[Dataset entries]

*** Block opens ***

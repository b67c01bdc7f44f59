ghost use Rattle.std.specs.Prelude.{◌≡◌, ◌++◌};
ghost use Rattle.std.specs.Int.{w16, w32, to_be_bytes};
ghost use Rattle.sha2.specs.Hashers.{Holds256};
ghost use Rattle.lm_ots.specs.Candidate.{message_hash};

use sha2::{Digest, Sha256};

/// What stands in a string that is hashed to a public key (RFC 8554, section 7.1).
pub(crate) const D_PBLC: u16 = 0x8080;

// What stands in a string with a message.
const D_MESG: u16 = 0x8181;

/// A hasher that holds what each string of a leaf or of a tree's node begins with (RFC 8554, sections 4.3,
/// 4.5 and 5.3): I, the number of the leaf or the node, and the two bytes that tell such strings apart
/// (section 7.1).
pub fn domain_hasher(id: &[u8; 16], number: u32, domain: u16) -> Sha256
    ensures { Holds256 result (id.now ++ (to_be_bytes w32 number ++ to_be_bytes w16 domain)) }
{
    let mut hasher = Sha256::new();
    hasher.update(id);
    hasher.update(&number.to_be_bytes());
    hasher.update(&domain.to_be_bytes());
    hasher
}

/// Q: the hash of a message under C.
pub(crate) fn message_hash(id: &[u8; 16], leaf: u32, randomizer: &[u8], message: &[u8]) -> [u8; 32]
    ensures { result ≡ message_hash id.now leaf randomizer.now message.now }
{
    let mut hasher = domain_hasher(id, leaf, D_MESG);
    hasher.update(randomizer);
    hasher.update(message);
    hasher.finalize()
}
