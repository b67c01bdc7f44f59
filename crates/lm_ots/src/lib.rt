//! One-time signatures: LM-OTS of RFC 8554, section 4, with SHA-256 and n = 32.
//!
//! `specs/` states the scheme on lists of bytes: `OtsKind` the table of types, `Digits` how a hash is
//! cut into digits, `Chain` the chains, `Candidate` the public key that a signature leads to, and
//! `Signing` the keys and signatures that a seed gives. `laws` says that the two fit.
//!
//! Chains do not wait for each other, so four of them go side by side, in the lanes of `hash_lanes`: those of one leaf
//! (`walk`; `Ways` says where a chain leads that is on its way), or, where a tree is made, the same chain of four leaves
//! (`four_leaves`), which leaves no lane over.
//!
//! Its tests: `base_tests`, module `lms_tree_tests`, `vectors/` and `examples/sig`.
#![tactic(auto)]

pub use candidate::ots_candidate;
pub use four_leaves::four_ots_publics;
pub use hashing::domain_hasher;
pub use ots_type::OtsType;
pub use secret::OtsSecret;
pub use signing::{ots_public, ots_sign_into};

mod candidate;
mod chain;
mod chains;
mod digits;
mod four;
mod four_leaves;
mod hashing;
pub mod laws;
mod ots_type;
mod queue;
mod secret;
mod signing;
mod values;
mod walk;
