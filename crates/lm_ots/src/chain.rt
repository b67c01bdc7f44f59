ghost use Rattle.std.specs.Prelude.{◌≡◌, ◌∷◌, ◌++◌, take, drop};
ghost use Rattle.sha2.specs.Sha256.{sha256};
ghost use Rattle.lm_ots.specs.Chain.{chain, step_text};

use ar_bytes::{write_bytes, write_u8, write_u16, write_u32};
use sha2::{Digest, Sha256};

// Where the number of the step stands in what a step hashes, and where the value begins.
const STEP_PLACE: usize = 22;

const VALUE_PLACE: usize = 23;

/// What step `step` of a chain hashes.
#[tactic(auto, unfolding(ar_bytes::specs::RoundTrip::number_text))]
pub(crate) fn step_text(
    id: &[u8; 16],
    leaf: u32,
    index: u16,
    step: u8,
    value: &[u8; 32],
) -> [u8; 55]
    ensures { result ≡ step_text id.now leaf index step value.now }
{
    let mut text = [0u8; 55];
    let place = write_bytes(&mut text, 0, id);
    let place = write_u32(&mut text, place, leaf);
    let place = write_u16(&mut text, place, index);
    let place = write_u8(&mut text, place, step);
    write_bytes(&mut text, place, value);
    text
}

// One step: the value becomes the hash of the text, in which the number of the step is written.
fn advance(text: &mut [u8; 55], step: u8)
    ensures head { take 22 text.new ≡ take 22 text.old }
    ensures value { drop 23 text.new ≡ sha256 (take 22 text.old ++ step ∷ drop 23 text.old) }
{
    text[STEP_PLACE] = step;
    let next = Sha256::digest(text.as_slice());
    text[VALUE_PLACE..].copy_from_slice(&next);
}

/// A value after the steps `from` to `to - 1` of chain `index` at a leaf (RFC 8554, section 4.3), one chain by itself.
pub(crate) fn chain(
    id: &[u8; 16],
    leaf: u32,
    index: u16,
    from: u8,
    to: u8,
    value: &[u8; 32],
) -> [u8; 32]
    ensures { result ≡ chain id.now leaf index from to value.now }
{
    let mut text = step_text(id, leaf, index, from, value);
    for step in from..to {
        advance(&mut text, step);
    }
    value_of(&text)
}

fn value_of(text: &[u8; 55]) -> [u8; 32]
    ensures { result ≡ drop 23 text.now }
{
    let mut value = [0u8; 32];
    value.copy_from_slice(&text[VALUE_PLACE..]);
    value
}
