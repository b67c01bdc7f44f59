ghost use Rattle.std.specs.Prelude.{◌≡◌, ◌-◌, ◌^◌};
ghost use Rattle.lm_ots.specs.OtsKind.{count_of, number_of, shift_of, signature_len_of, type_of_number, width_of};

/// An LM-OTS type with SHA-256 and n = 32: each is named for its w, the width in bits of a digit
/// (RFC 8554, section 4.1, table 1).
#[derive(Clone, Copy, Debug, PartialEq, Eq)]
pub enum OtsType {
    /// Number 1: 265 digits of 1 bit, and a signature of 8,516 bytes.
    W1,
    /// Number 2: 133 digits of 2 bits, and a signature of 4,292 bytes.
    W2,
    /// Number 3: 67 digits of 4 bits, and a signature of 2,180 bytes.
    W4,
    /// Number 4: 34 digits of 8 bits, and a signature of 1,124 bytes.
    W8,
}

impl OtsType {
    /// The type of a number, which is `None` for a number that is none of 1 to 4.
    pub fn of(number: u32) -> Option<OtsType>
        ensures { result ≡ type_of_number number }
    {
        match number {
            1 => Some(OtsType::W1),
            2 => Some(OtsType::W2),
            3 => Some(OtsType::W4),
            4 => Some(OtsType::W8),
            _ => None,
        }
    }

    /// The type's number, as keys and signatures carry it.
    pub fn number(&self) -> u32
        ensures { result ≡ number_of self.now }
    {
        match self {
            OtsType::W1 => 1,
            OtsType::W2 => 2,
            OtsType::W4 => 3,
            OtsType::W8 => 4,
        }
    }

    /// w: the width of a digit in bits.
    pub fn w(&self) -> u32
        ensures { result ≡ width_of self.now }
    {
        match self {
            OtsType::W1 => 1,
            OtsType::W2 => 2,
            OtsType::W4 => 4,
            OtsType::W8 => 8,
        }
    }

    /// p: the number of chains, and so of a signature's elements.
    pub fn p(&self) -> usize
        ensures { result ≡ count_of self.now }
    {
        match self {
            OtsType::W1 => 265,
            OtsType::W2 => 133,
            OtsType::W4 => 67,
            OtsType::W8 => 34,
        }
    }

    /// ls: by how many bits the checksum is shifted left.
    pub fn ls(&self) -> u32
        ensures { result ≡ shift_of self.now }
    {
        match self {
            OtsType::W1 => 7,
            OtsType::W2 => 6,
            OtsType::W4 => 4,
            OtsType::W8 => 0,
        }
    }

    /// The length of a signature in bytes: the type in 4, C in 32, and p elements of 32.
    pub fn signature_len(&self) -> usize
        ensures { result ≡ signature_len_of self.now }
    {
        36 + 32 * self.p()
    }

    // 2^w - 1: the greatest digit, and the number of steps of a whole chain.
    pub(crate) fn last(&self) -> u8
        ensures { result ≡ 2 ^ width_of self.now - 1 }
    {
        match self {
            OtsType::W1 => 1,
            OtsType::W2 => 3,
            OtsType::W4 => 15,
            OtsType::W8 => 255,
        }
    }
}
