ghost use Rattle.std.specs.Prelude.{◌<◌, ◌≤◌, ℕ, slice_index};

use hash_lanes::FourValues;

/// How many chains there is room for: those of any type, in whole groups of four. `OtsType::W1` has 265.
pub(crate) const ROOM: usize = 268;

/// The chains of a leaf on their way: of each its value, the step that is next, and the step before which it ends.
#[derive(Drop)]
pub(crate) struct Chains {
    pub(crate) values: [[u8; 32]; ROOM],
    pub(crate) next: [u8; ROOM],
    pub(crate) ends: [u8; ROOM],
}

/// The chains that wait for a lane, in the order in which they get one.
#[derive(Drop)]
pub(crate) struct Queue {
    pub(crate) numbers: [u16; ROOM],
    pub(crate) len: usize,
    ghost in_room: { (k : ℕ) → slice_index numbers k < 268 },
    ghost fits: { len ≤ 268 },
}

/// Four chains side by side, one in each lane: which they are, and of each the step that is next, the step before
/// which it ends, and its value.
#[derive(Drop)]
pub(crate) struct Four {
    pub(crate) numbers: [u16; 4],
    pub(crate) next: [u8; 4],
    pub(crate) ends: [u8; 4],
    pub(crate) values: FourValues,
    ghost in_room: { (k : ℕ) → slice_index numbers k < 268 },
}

*** Block closes ***

• **EXERCISE DETAILS**
Copy each line of the data that contains the word "many", leaving the other lines out.

• **TASK ANSWER**
    /// ls: by how many bits the checksum is shifted left.
/// How many chains there is room for: those of any type, in whole groups of four. `OtsType::W1` has 265.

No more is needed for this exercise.